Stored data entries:
____
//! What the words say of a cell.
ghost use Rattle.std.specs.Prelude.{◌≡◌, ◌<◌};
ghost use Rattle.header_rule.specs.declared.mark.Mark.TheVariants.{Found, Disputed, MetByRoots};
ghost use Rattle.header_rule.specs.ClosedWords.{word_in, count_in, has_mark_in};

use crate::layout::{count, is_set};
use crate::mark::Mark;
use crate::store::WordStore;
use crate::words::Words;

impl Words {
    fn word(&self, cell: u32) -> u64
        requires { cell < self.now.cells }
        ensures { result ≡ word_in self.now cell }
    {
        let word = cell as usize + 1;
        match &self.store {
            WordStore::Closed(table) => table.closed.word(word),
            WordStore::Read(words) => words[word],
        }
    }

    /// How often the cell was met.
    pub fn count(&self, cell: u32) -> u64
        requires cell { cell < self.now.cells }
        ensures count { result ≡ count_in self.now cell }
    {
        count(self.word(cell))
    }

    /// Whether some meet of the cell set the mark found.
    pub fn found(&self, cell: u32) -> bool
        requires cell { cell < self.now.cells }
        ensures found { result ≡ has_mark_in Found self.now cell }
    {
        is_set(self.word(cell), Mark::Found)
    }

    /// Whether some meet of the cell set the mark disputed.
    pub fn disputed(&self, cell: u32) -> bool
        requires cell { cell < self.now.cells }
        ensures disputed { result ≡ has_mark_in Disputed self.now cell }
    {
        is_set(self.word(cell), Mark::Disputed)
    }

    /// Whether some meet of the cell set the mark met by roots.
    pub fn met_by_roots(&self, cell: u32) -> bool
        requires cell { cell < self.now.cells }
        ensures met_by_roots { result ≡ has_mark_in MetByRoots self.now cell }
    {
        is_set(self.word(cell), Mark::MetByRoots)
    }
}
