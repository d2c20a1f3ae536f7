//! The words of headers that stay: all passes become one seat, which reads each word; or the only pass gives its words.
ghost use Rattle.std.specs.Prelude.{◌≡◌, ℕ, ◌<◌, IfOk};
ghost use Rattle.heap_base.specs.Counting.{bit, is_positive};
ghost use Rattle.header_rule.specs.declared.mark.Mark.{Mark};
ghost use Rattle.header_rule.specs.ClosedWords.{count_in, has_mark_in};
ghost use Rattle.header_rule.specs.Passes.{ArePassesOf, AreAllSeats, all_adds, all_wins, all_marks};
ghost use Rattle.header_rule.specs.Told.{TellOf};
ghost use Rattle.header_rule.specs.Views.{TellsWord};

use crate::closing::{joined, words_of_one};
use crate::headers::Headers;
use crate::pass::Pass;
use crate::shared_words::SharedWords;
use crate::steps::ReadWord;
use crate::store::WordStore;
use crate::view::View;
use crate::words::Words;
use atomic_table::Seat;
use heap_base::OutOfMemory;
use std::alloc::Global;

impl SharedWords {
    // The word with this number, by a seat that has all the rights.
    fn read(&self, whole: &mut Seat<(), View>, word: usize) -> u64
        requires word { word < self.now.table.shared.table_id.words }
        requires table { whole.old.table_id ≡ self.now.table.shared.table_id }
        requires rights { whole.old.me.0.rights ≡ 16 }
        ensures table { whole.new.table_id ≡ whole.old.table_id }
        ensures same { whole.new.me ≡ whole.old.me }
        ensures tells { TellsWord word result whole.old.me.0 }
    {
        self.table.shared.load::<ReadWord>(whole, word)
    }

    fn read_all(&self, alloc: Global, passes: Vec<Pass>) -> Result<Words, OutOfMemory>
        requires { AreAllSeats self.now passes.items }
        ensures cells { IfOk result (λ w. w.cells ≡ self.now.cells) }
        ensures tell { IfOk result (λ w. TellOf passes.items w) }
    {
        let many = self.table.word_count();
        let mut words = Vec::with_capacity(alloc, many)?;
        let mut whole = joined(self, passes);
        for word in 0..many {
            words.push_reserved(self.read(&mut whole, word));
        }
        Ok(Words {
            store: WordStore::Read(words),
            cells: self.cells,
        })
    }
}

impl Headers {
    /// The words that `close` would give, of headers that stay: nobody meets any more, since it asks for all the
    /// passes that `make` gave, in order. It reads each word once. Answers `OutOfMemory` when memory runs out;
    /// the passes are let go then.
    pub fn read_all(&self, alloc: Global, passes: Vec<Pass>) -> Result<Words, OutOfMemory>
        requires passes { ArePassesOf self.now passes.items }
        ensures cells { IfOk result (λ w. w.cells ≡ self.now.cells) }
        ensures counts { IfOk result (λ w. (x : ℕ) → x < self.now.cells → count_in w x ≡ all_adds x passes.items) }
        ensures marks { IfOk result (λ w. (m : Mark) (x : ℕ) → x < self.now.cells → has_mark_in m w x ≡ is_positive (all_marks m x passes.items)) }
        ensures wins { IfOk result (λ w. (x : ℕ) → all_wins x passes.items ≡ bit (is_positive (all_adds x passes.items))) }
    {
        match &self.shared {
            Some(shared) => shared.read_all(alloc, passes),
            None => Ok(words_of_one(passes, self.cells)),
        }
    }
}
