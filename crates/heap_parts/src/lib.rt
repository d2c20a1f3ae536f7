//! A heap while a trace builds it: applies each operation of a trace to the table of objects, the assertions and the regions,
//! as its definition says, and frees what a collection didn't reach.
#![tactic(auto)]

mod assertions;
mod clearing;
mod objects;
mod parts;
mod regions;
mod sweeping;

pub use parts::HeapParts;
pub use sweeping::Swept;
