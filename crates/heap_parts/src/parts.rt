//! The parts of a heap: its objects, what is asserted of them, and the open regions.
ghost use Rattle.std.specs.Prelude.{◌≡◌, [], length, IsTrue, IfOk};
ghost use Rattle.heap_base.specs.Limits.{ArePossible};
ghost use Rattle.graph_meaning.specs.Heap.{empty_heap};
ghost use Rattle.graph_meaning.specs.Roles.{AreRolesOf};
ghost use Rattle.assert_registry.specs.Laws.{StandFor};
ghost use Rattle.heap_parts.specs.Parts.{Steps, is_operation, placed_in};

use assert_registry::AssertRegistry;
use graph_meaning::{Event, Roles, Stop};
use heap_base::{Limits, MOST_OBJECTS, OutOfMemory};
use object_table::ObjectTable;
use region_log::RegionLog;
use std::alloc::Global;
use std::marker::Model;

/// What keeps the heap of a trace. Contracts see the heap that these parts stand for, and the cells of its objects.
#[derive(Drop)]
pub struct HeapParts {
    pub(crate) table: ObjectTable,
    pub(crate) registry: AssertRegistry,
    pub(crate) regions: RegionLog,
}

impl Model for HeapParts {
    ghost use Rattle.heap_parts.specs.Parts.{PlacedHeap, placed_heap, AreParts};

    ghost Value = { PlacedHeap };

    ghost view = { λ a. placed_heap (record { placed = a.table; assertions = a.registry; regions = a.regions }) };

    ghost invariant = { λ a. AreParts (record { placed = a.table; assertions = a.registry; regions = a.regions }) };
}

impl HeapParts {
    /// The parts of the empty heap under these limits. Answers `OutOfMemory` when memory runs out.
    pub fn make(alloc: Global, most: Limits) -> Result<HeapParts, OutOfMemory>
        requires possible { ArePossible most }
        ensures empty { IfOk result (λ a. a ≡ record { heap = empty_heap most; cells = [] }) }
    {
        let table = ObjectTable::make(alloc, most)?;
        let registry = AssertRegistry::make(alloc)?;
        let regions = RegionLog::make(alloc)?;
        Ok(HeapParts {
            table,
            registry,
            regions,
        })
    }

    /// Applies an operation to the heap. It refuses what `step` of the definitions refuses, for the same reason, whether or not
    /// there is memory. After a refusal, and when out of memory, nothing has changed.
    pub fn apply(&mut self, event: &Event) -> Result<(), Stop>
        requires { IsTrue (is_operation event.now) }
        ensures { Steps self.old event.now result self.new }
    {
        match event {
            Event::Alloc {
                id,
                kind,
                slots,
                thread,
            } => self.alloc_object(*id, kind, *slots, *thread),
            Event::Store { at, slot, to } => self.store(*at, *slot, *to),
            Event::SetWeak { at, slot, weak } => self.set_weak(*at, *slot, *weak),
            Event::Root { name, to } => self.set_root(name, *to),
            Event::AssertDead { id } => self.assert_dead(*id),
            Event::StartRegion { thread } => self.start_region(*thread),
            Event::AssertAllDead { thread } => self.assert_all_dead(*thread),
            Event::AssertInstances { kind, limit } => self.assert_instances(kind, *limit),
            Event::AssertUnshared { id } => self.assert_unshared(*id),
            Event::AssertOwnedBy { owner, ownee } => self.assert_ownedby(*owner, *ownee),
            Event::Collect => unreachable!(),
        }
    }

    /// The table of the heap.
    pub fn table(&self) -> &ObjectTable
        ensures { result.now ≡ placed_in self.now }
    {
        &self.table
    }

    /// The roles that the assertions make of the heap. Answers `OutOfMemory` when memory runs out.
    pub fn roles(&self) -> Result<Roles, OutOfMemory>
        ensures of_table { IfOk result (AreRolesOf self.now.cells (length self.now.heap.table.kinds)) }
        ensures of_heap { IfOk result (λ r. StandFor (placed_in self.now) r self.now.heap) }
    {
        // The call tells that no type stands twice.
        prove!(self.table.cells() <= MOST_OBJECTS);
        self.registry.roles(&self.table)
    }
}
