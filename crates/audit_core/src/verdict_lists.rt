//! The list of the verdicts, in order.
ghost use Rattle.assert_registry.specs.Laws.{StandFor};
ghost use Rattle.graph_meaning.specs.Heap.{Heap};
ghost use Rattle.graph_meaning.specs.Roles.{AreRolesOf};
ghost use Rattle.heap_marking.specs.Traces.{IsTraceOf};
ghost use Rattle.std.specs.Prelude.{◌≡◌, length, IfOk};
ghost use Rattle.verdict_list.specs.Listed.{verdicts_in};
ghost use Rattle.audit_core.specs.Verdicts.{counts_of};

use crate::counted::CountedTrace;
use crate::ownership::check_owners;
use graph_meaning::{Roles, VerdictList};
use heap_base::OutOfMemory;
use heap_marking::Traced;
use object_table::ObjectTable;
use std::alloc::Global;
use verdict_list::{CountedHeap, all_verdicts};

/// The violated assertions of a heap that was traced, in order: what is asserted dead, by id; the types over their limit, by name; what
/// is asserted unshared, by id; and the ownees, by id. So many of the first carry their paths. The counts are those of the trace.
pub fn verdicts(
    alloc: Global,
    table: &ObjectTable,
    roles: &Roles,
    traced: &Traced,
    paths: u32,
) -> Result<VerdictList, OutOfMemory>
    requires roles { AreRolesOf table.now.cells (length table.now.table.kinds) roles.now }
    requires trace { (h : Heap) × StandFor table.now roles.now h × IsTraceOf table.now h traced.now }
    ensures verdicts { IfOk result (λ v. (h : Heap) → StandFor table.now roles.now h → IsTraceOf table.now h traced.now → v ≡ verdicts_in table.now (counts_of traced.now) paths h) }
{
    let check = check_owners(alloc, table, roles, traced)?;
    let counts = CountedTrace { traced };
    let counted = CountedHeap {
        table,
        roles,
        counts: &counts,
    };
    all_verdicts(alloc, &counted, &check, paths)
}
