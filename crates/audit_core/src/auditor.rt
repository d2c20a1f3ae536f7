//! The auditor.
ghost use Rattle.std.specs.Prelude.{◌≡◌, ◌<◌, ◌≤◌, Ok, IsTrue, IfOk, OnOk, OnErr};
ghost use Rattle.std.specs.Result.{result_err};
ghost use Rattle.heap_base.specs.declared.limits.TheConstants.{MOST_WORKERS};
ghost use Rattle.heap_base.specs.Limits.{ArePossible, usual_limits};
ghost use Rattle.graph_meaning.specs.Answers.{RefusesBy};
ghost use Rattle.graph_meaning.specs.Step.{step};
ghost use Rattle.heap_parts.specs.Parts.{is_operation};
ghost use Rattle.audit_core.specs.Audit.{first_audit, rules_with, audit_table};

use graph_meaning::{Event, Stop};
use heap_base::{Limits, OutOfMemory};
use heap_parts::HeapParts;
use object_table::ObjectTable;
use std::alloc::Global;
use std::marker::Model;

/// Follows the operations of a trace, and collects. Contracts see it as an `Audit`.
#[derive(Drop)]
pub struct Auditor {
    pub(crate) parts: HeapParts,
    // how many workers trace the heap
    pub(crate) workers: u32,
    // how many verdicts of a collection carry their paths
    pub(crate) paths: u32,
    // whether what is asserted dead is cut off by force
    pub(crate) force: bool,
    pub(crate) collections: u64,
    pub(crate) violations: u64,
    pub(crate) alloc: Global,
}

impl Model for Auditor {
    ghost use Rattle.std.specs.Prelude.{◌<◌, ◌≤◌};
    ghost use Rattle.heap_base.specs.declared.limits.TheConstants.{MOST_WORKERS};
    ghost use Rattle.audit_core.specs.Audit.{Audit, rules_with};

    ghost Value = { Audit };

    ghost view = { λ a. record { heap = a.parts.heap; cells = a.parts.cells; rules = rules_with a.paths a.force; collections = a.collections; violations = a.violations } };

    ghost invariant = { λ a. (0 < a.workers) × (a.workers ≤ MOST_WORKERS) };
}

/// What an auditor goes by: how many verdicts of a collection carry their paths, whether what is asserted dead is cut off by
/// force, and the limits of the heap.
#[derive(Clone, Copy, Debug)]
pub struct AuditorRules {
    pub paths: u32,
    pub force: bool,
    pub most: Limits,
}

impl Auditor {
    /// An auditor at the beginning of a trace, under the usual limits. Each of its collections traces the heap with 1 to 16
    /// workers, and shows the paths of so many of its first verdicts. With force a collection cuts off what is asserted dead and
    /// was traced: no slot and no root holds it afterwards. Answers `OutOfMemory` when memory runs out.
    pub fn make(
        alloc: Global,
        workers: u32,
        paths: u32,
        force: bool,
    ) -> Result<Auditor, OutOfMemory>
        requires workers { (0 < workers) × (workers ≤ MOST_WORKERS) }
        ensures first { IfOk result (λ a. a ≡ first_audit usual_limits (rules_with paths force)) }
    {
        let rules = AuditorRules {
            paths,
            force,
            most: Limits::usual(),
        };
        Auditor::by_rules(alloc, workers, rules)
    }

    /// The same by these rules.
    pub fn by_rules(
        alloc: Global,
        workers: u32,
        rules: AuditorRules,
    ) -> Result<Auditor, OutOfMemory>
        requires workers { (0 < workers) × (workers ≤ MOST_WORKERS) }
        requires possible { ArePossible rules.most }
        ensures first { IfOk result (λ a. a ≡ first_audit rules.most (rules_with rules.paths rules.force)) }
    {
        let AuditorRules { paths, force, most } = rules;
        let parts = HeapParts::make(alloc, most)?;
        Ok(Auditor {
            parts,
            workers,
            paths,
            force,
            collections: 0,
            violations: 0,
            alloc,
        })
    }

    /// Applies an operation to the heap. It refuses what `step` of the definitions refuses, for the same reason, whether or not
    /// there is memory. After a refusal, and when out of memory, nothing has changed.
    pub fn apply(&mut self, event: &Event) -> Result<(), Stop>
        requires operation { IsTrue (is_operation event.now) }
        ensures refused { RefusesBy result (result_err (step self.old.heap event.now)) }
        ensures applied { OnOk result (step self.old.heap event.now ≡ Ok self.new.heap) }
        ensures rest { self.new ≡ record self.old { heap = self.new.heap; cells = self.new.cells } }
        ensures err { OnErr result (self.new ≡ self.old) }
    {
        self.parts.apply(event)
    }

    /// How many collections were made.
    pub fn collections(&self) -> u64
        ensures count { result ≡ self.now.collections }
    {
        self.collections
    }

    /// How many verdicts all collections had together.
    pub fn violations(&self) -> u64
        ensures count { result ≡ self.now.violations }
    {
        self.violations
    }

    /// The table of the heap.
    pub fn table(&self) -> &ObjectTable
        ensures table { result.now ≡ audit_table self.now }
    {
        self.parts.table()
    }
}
____
■ **Exercise**: Where the word "kinds" shows up in a line of the entries above, copy that line.

■ **Answer to this task**:
        ensures of_table { IfOk result (AreRolesOf self.now.cells (length self.now.heap.table.kinds)) }
    requires roles { AreRolesOf table.now.cells (length table.now.table.kinds) roles.now }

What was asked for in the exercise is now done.